__ABOUT THIS TASK__:
In the entries that follow, find each line with the word "specs" and copy it.

__DATASET ENTRIES__:
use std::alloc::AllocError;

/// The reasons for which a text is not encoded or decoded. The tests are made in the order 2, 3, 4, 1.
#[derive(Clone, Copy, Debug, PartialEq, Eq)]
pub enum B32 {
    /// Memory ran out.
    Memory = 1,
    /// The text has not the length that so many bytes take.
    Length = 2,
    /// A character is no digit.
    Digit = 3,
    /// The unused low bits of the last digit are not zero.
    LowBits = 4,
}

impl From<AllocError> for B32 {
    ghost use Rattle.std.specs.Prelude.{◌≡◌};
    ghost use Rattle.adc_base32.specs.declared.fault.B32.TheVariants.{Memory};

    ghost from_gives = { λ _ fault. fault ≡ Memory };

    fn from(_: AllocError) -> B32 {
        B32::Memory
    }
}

__TASK RESPONSE__:
    ghost use Rattle.std.specs.Prelude.{◌≡◌};
    ghost use Rattle.adc_base32.specs.declared.fault.B32.TheVariants.{Memory};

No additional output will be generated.